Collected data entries
○ ○ ○

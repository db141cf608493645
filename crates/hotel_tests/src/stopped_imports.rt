//! Imports that are stopped by a call of the books that fails, and the same file sent again.

use crate::causes::{CAUSES, counts, counts_of};
use hotel_audit::{ImportFault, LineAnswer, import};
use hotel_core::Books;
use hotel_lock::AuditFault;
use hotel_scenarios::sent_again::{
    CUT, LATE, REPLACED_TWICE, Sent, TWICE, TWICE_WITH_FITS, comes_again,
};
use keycard_rules::LookFault;
use std::alloc::Global;
use std::process::Abort;
use std::test::Fail;
use stopping_books::StoppingBooks;

/// More calls of the books than an import of one of these files makes.
const MOST_CALLS: u64 = 60;

/// How many lines were answered, where an import of this file ended so; and it says whether a note of these was taken.
fn lines_answered<A: Abort>(
    rt: &A,
    sent: &Sent,
    end: Result<Vec<LineAnswer>, ImportFault>,
) -> usize {
    match end {
        Ok(answers) => answers.len(),
        Err(ImportFault::File(why)) => {
            assert!(rt; why == AuditFault::Memory);
            0
        }
        Err(ImportFault::Memory { answered, taken } | ImportFault::Store { answered, taken }) => {
            assert!(rt; sent.stops_behind(answered, taken));
            answered
        }
    }
}

/// By which cause the import ended, where a call of the books failed.
fn cause_of(end: &Result<Vec<LineAnswer>, ImportFault>) -> Option<LookFault> {
    match end {
        Err(ImportFault::Memory { .. }) => Some(LookFault::Memory),
        Err(ImportFault::Store { .. }) => Some(LookFault::Store),
        _ => None,
    }
}

/// The import ended well, or by this cause; fewer calls are made than the most.
fn ended_by<A: Abort>(rt: &A, ended: Option<LookFault>, cause: LookFault, call: u64) {
    if let Some(why) = ended {
        assert!(rt; why == cause && call < MOST_CALLS);
    }
}

/// Imports the file into these books.
fn imported(
    alloc: Global,
    books: &mut impl Books,
    file: &[u8],
) -> Result<Vec<LineAnswer>, ImportFault> {
    import(alloc, books, file)
}

/// Imports the file into books of which this call fails for this cause, which they count by that cause alone: how many
/// lines were answered, where it was stopped.
fn stopped_at(
    rt: &(impl Abort + AllocGlobal),
    books: &mut StoppingBooks,
    sent: &Sent,
    cause: LookFault,
    call: u64,
) -> Option<usize> {
    let end = imported(rt.alloc(), books, sent.file);
    let ended = cause_of(&end);
    assert!(rt; counts(books) == counts_of(ended));
    ended_by(rt, ended, cause, call);
    if end.is_ok() {
        return None;
    }
    assert!(rt; ended.is_some());
    Some(lines_answered(rt, sent, end))
}

/// Imports the file into books of which this call fails, and sends it again where it was stopped.
fn stops_at_call(
    rt: &(impl Abort + AllocGlobal),
    sent: &Sent,
    cause: LookFault,
    call: u64,
) -> Result<(), Fail> {
    let books = sent.desk(rt.alloc())?.books;
    let mut books = StoppingBooks::new(books, call, cause);
    match stopped_at(rt, &mut books, sent, cause, call) {
        Some(answered) => {
            let again = comes_again(rt.alloc(), &mut books, sent, answered)?;
            assert!(rt; again);
            Ok(())
        }
        None => Ok(()),
    }
}

/// Each call of the books fails in turn, for lack of memory or by the store; the answered lines stand. Then the file is
/// sent again.
fn stops_in_turn(rt: &(impl Abort + AllocGlobal), sent: &Sent) -> Result<(), Fail> {
    for call in 1..=MOST_CALLS {
        for cause in CAUSES {
            stops_at_call(rt, sent, cause, call)?;
        }
    }
    Ok(())
}

#[test]
fn failed_calls_of_the_books(rt: HostRuntime) -> Result<(), Fail> {
    for sent in [&TWICE, &TWICE_WITH_FITS, &CUT] {
        stops_in_turn(&rt, sent)?;
    }
    Ok(())
}

/// The same of files with notes of a lock that was replaced.
#[test]
fn failed_calls_behind_a_refit(rt: HostRuntime) -> Result<(), Fail> {
    stops_in_turn(&rt, &REPLACED_TWICE)?;
    stops_in_turn(&rt, &LATE)
}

○ ○ ○

» **WHAT TO DO**: Take the stretch of lines above from the one containing "use stopping_books::StoppingBooks;" through the one containing "assert!(rt; sent.stops_behind(answered, taken));" and repeat it exactly, adding no other line.

» **SOLVED EXERCISE**:
use stopping_books::StoppingBooks;

/// More calls of the books than an import of one of these files makes.
const MOST_CALLS: u64 = 60;

/// How many lines were answered, where an import of this file ended so; and it says whether a note of these was taken.
fn lines_answered<A: Abort>(
    rt: &A,
    sent: &Sent,
    end: Result<Vec<LineAnswer>, ImportFault>,
) -> usize {
    match end {
        Ok(answers) => answers.len(),
        Err(ImportFault::File(why)) => {
            assert!(rt; why == AuditFault::Memory);
            0
        }
        Err(ImportFault::Memory { answered, taken } | ImportFault::Store { answered, taken }) => {
            assert!(rt; sent.stops_behind(answered, taken));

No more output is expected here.